WHAT TO DO ::
From the entries below, please gather each line containing the string "stands".
━━━ DATA RECORDS ━━━
//! Where tags stand, what they hold, and the types of their attributes.
ghost use Rattle.std.specs.Prelude.{◌≡◌, [], ◌∷◌, if◌then◌else◌, option_map, Some, IfOk};
ghost use Rattle.con_terms.specs.Trees as tree;
ghost use Rattle.con_terms.specs.Trees.{Cn};
ghost use Rattle.con_terms.specs.View.{con_tree};
ghost use Rattle.xml_trees.specs.declared.source_name.AttrName.TheVariants as attr;
ghost use Rattle.core_terms.specs.Markup as meant;
ghost use Rattle.core_terms.specs.Names.{form_context};
ghost use Rattle.core_terms.specs.Types as types;
ghost use Rattle.type_makers.specs.Made.{Makes};
ghost use Rattle.type_makers.specs.Standing.{where_of, sort_view};

use crate::made::{arrow, record};
use crate::made_types::transaction;
use crate::symbols;
use crate::types::{int_type, one_unit, page_type, string_type, two_units, url_type};
use con_terms::{Con, Sym};
use core_terms::{AttrName, TagName};
use std::alloc::{AllocError, Global};

/// Where a node of a page stands.
#[derive(Clone, Copy, Debug, PartialEq, Eq)]
pub enum Standing {
    Html,
    Head,
    Body,
    Table,
    Tr,
}

/// What a tag is, by what it holds.
#[derive(Clone, Copy, Debug, PartialEq, Eq)]
pub enum TagSort {
    /// Nodes of a place, with a form around them exactly where one is around the tag.
    Holding(Standing),
    /// Texts alone.
    Words,
    /// Nothing.
    Empty,
    /// A form, which stands and holds in a body.
    Form,
    /// An input of a form whose field is a string.
    TextInput,
    /// An input of a form whose field is a bool.
    TruthInput,
    /// The button that sends a form.
    Button,
}

/// Where a tag stands. Forms, inputs and buttons stand in a body.
pub fn stands(tag: TagName) -> Standing
    ensures { where_of result ≡ meant.stands tag }
{
    match tag {
        TagName::Head | TagName::Body => Standing::Html,
        TagName::Title => Standing::Head,
        TagName::Tr => Standing::Table,
        TagName::Th | TagName::Td => Standing::Tr,
        _ => Standing::Body,
    }
}

/// What a tag holds.
pub fn sort_of(tag: TagName) -> TagSort
    ensures { sort_view result ≡ meant.sort_of tag }
{
    match tag {
        TagName::Head => TagSort::Holding(Standing::Head),
        TagName::Title => TagSort::Words,
        TagName::Br | TagName::Hr | TagName::Img => TagSort::Empty,
        TagName::Table => TagSort::Holding(Standing::Table),
        TagName::Tr => TagSort::Holding(Standing::Tr),
        TagName::Form => TagSort::Form,
        TagName::Textbox | TagName::Password | TagName::Hidden => TagSort::TextInput,
        TagName::Checkbox => TagSort::TruthInput,
        TagName::Submit => TagSort::Button,
        _ => TagSort::Holding(Standing::Body),
    }
}

/// The context of a place, with a form around it or without. Html and head never have one.
pub fn context_row(alloc: Global, standing: Standing, in_form: bool) -> Result<Con, AllocError>
    ensures { IfOk result (λ new. con_tree new ≡ meant.context_row (where_of standing) in_form) }
{
    match standing {
        Standing::Html => one_unit(alloc, symbols::HTML),
        Standing::Head => one_unit(alloc, symbols::HEAD),
        Standing::Body => place_row(alloc, symbols::BODY, in_form),
        Standing::Table => place_row(alloc, symbols::TABLE, in_form),
        Standing::Tr => place_row(alloc, symbols::TR, in_form),
    }
}

/// The context of a place in which a form may be around.
fn place_row(alloc: Global, place: Sym, in_form: bool) -> Result<Con, AllocError>
    ensures { IfOk result (λ new. con_tree new ≡
        if in_form then types.unit_row (place.number ∷ form_context ∷ []) else types.unit_row (place.number ∷ [])) }
{
    if in_form {
        two_units(alloc, place, symbols::FORM)
    } else {
        one_unit(alloc, place)
    }
}

/// The type of an attribute of a tag, where the tag has it. A button's action takes the fields
/// `uses` that are filled before it.
pub fn attribute_type(
    alloc: Global,
    uses: Con,
    tag: TagName,
    attr: AttrName,
) -> Result<Option<Con>, AllocError>
    ensures { IfOk result (λ new. option_map con_tree new ≡ meant.attribute_type (con_tree uses) tag attr) }
{
    match attr {
        AttrName::Title => without(uses, Ok(title_type(tag))),
        AttrName::Link => without(uses, link_type(alloc, tag)),
        AttrName::Href => without(uses, Ok(href_type(tag))),
        AttrName::Src => without(uses, Ok(source_type(tag))),
        AttrName::Alt => without(uses, Ok(alternative_type(tag))),
        AttrName::Border => without(uses, Ok(border_type(tag))),
        AttrName::Value => without(uses, Ok(value_type(tag))),
        AttrName::Size => without(uses, Ok(size_type(tag))),
        AttrName::Action => action_type(alloc, uses, tag),
    }
}

/// What was given, with the fields let go.
fn without(_uses: Con, given: Result<Option<Con>, AllocError>) -> Result<Option<Con>, AllocError>
    ensures { result ≡ given }
{
    given
}

/// The type of `title`, of tags of text.
fn title_type(tag: TagName) -> Option<Con>
    ensures { (uses : Cn) → option_map con_tree result ≡ meant.attribute_type uses tag attr.Title }
{
    match tag {
        TagName::P
        | TagName::Div
        | TagName::Span
        | TagName::B
        | TagName::I
        | TagName::Em
        | TagName::Strong
        | TagName::H1
        | TagName::H2
        | TagName::H3
        | TagName::H4
        | TagName::Ul
        | TagName::Ol
        | TagName::Li
        | TagName::Code
        | TagName::Blockquote
        | TagName::Th
        | TagName::Td
        | TagName::A => Some(string_type()),
        _ => None,
    }
}

/// The type of `href`, of `a`.
fn href_type(tag: TagName) -> Option<Con>
    ensures { (uses : Cn) → option_map con_tree result ≡ meant.attribute_type uses tag attr.Href }
{
    match tag {
        TagName::A => Some(url_type()),
        _ => None,
    }
}

/// The type of `src`, of `img`.
fn source_type(tag: TagName) -> Option<Con>
    ensures { (uses : Cn) → option_map con_tree result ≡ meant.attribute_type uses tag attr.Src }
{
    match tag {
        TagName::Img => Some(url_type()),
        _ => None,
    }
}

/// The type of `alt`, of `img`.
fn alternative_type(tag: TagName) -> Option<Con>
    ensures { (uses : Cn) → option_map con_tree result ≡ meant.attribute_type uses tag attr.Alt }
{
    match tag {
        TagName::Img => Some(string_type()),
        _ => None,
    }
}

/// The type of `border`, of `table`.
fn border_type(tag: TagName) -> Option<Con>
    ensures { (uses : Cn) → option_map con_tree result ≡ meant.attribute_type uses tag attr.Border }
{
    match tag {
        TagName::Table => Some(int_type()),
        _ => None,
    }
}

/// The type of `value`, of inputs of text and of the button.
fn value_type(tag: TagName) -> Option<Con>
    ensures { (uses : Cn) → option_map con_tree result ≡ meant.attribute_type uses tag attr.Value }
{
    match tag {
        TagName::Textbox | TagName::Password | TagName::Hidden | TagName::Submit => Some(
            string_type(),
        ),
        _ => None,
    }
}

/// The type of `size`, of the input of a line of text.
fn size_type(tag: TagName) -> Option<Con>
    ensures { (uses : Cn) → option_map con_tree result ≡ meant.attribute_type uses tag attr.Size }
{
    match tag {
        TagName::Textbox => Some(int_type()),
        _ => None,
    }
}

/// The type of `link`, of `a`.
fn link_type(alloc: Global, tag: TagName) -> Result<Option<Con>, AllocError>
    ensures { (uses : Cn) → IfOk result (λ new. option_map con_tree new ≡ meant.attribute_type uses tag attr.Link) }
{
    match tag {
        TagName::A => Ok(Some(page_action(alloc)?)),
        _ => Ok(None),
    }
}

/// The type of `action`, of the button.
fn action_type(alloc: Global, uses: Con, tag: TagName) -> Result<Option<Con>, AllocError>
    ensures { IfOk result (λ new. option_map con_tree new ≡ meant.attribute_type (con_tree uses) tag attr.Action) }
{
    match tag {
        TagName::Submit => made_action(action_of(alloc, uses)),
        _ => without(uses, Ok(None)),
    }
}

/// The type that was made, as one that a tag has.
fn made_action(made: Result<Con, AllocError>) -> Result<Option<Con>, AllocError>
    ensures { (t : Cn) → Makes made t → IfOk result (λ new. option_map con_tree new ≡ Some t) }
{
    match made {
        Ok(made) => Ok(Some(made)),
        Err(error) => Err(error),
    }
}

/// `$uses -> transaction page`
fn action_of(alloc: Global, uses: Con) -> Result<Con, AllocError>
    ensures { Makes result (tree.arrow (tree.record_of (con_tree uses)) (types.transaction_of types.page_type)) }
{
    arrow(alloc, record(alloc, Ok(uses)), page_action(alloc))
}

/// `transaction page`
fn page_action(alloc: Global) -> Result<Con, AllocError>
    ensures { IfOk result (λ new. con_tree new ≡ types.transaction_of types.page_type) }
{
    transaction(alloc, page_type(alloc))
}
━━━
SOLVED PROBLEM ::
/// Where a node of a page stands.
    /// A form, which stands and holds in a body.
/// Where a tag stands. Forms, inputs and buttons stand in a body.
pub fn stands(tag: TagName) -> Standing
    ensures { where_of result ≡ meant.stands tag }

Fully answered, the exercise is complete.